Collected data entries
▶

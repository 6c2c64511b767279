// What is told of one line: the place of an order price, all that stands on it, and its closing row.

#![tactic(auto)]

ghost use Rattle.std.specs.Prelude.{◌≡◌, ◌≤◌};
ghost use Rattle.numbers.specs.Ranges.{Within};
ghost use Rattle.method.specs.words.Ranges.{longest_hold};
ghost use Rattle.method.specs.told.Questions.{placed};
ghost use Rattle.method.specs.told.Report.{market_bounds, interest_bounds, hold_report, line_report};
ghost use Rattle.method.specs.told.Rows.{closing_row};
ghost use Rattle.method.specs.computed.Rooms.{largest_reach, HoldIn, Room};
ghost use Rattle.bounds.specs.Asks.{Drawn};

use method::{BothBounds, Closing, Hold, HoldTimes, Limits, Line, Place, Report, Row, Side};
use numbers::{Seconds, Steps};

// Both limits count as inside.
#[tactic(auto, unfolding(method::specs::told::Questions::placed))]
pub fn placed(k: Limits, price: Steps) -> Place
    ensures { result ≡ placed k price }
{
    if price < k.lower {
        Place::Below
    } else if k.upper < price {
        Place::Above
    } else {
        Place::Inside
    }
}

#[tactic(auto, unfolding(method::specs::told::Report::market_bounds))]
fn market_bounds(centre: Steps, half: Steps) -> BothBounds
    requires { Within largest_reach centre.0 × Within largest_reach half.0 }
    ensures { result ≡ market_bounds centre half }
{
    BothBounds {
        upper: bounds::market_bound(Side::Up, centre, half),
        lower: bounds::market_bound(Side::Down, centre, half),
    }
}

#[tactic(auto, unfolding(method::specs::told::Report::interest_bounds))]
fn interest_bounds(l: Line) -> BothBounds
    requires { Drawn l.terms.factors l.market }
    ensures { result ≡ interest_bounds l }
{
    BothBounds {
        upper: bounds::bound(Side::Up, l.terms.factors, l.market),
        lower: bounds::bound(Side::Down, l.terms.factors, l.market),
    }
}

#[tactic(auto, unfolding(method::specs::told::Report::hold_report, method::specs::computed::Rooms::HoldIn))]
fn hold_report(wait: Seconds, h: Hold) -> Option<HoldTimes>
    requires { (wait.0 ≤ longest_hold) × HoldIn h }
    ensures { result ≡ hold_report wait h }
{
    h.map(|start| HoldTimes {
        start,
        due: Seconds(start.0 + wait.0),
    })
}

// All that a gate or an operator asks of a line, with the session's shifts left and its clock. Both and the wait come one by one, as the method's
// `line_report` takes them: a session may lie in a host's memory, and is not read whole for them.
#[tactic(auto, using(crate::proofs::Rooms::rooms), unfolding(method::specs::told::Report::line_report))]
pub fn line_report(wait: Seconds, left: u32, clock: Seconds, l: Line) -> Report
    requires { (wait.0 ≤ longest_hold) × Room left l }
    ensures { result ≡ line_report wait left clock l }
{
    Report {
        limits: l.limits,
        interest: interest_bounds(l),
        centre: l.market.centre,
        level1: market_bounds(l.market.centre, l.market.half1),
        level2: market_bounds(l.market.centre, l.market.half2),
        level3: market_bounds(l.market.centre, l.market.half3),
        up: hold_report(wait, l.holds.up),
        down: hold_report(wait, l.holds.down),
        book: l.book,
        left,
        clock,
    }
}

// What stands on the line at the end.
#[tactic(auto, unfolding(method::specs::told::Rows::closing_row, method::specs::told::Report::interest_bounds))]
pub fn closing_row(l: Line) -> Row
    requires { Drawn l.terms.factors l.market }
    ensures { result ≡ closing_row l }
{
    let interest = interest_bounds(l);
    Row::Closed(Closing {
        id: l.terms.id,
        lower: l.limits.lower,
        upper: l.limits.upper,
        lowerbound: interest.lower,
        upperbound: interest.upper,
    })
}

◀

> DESCRIPTION OF THE TASK: The whole of the data above must be given again, unaltered and complete.

> TASK SOLUTION:
repository 6c2c64511b767279
// What is told of one line: the place of an order price, all that stands on it, and its closing row.

#![tactic(auto)]

ghost use Rattle.std.specs.Prelude.{◌≡◌, ◌≤◌};
ghost use Rattle.numbers.specs.Ranges.{Within};
ghost use Rattle.method.specs.words.Ranges.{longest_hold};
ghost use Rattle.method.specs.told.Questions.{placed};
ghost use Rattle.method.specs.told.Report.{market_bounds, interest_bounds, hold_report, line_report};
ghost use Rattle.method.specs.told.Rows.{closing_row};
ghost use Rattle.method.specs.computed.Rooms.{largest_reach, HoldIn, Room};
ghost use Rattle.bounds.specs.Asks.{Drawn};

use method::{BothBounds, Closing, Hold, HoldTimes, Limits, Line, Place, Report, Row, Side};
use numbers::{Seconds, Steps};

// Both limits count as inside.
#[tactic(auto, unfolding(method::specs::told::Questions::placed))]
pub fn placed(k: Limits, price: Steps) -> Place
    ensures { result ≡ placed k price }
{
    if price < k.lower {
        Place::Below
    } else if k.upper < price {
        Place::Above
    } else {
        Place::Inside
    }
}

#[tactic(auto, unfolding(method::specs::told::Report::market_bounds))]
fn market_bounds(centre: Steps, half: Steps) -> BothBounds
    requires { Within largest_reach centre.0 × Within largest_reach half.0 }
    ensures { result ≡ market_bounds centre half }
{
    BothBounds {
        upper: bounds::market_bound(Side::Up, centre, half),
        lower: bounds::market_bound(Side::Down, centre, half),
    }
}

#[tactic(auto, unfolding(method::specs::told::Report::interest_bounds))]
fn interest_bounds(l: Line) -> BothBounds
    requires { Drawn l.terms.factors l.market }
    ensures { result ≡ interest_bounds l }
{
    BothBounds {
        upper: bounds::bound(Side::Up, l.terms.factors, l.market),
        lower: bounds::bound(Side::Down, l.terms.factors, l.market),
    }
}

#[tactic(auto, unfolding(method::specs::told::Report::hold_report, method::specs::computed::Rooms::HoldIn))]
fn hold_report(wait: Seconds, h: Hold) -> Option<HoldTimes>
    requires { (wait.0 ≤ longest_hold) × HoldIn h }
    ensures { result ≡ hold_report wait h }
{
    h.map(|start| HoldTimes {
        start,
        due: Seconds(start.0 + wait.0),
    })
}

// All that a gate or an operator asks of a line, with the session's shifts left and its clock. Both and the wait come one by one, as the method's
// `line_report` takes them: a session may lie in a host's memory, and is not read whole for them.
#[tactic(auto, using(crate::proofs::Rooms::rooms), unfolding(method::specs::told::Report::line_report))]
pub fn line_report(wait: Seconds, left: u32, clock: Seconds, l: Line) -> Report
    requires { (wait.0 ≤ longest_hold) × Room left l }
    ensures { result ≡ line_report wait left clock l }
{
    Report {
        limits: l.limits,
        interest: interest_bounds(l),
        centre: l.market.centre,
        level1: market_bounds(l.market.centre, l.market.half1),
        level2: market_bounds(l.market.centre, l.market.half2),
        level3: market_bounds(l.market.centre, l.market.half3),
        up: hold_report(wait, l.holds.up),
        down: hold_report(wait, l.holds.down),
        book: l.book,
        left,
        clock,
    }
}

// What stands on the line at the end.
#[tactic(auto, unfolding(method::specs::told::Rows::closing_row, method::specs::told::Report::interest_bounds))]
pub fn closing_row(l: Line) -> Row
    requires { Drawn l.terms.factors l.market }
    ensures { result ≡ closing_row l }
{
    let interest = interest_bounds(l);
    Row::Closed(Closing {
        id: l.terms.id,
        lower: l.limits.lower,
        upper: l.limits.upper,
        lowerbound: interest.lower,
        upperbound: interest.upper,
    })
}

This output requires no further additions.